Saved entries
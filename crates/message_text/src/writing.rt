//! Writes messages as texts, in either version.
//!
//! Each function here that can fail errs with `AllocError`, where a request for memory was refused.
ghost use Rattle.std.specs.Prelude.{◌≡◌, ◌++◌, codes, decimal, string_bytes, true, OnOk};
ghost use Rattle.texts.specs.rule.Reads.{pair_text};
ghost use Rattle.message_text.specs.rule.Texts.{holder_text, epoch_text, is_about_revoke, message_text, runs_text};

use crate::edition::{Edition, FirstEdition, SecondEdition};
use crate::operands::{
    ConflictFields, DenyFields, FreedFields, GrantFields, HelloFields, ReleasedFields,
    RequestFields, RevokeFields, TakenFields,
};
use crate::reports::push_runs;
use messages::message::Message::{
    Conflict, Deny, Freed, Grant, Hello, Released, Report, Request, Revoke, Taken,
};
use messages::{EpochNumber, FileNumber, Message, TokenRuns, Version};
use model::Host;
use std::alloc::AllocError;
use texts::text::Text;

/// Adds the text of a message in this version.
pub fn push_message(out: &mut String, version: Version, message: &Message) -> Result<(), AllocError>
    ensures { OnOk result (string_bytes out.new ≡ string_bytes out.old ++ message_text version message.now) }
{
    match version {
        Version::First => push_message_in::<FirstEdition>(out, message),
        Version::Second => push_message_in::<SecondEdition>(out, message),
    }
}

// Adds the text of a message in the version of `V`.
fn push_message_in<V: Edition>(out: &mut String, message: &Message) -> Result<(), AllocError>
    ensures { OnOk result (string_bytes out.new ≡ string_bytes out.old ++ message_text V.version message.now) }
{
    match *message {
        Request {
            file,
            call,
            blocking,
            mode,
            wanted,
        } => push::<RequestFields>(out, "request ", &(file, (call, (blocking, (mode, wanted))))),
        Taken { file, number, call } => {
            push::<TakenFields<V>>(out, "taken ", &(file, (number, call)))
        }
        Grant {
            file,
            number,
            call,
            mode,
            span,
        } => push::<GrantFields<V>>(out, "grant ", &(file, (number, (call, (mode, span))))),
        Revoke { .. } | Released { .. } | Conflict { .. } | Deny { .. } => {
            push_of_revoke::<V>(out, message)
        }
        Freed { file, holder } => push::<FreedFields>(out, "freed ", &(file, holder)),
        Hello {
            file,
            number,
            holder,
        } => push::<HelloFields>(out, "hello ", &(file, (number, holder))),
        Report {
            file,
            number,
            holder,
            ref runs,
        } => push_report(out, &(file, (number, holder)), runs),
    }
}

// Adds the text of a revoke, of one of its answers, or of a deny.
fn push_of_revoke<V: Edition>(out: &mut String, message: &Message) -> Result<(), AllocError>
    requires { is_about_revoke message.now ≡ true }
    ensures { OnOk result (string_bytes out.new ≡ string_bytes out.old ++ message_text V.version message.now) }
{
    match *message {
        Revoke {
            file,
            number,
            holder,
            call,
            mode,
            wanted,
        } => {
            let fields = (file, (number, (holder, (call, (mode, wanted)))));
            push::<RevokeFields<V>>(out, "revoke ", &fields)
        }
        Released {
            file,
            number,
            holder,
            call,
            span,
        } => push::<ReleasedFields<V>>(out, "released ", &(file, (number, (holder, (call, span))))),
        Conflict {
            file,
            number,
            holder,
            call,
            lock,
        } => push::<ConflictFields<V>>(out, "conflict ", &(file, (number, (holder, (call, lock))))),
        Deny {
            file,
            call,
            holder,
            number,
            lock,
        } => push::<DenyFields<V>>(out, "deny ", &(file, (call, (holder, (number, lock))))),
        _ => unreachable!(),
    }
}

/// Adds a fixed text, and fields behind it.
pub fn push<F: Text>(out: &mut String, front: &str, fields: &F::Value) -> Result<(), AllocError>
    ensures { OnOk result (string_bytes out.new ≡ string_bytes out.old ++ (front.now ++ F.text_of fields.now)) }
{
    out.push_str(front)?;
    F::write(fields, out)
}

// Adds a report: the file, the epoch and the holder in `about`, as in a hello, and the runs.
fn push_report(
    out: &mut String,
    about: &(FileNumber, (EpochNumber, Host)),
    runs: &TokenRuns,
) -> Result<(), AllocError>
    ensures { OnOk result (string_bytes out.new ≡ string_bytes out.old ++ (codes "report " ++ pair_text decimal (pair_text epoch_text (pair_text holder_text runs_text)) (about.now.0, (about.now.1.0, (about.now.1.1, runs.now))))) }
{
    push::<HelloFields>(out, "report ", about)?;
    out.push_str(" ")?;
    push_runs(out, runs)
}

# [Task directions]
Your answer should be the number of lines in the records that contain the word "decimal", with nothing added.

# [Response below]
2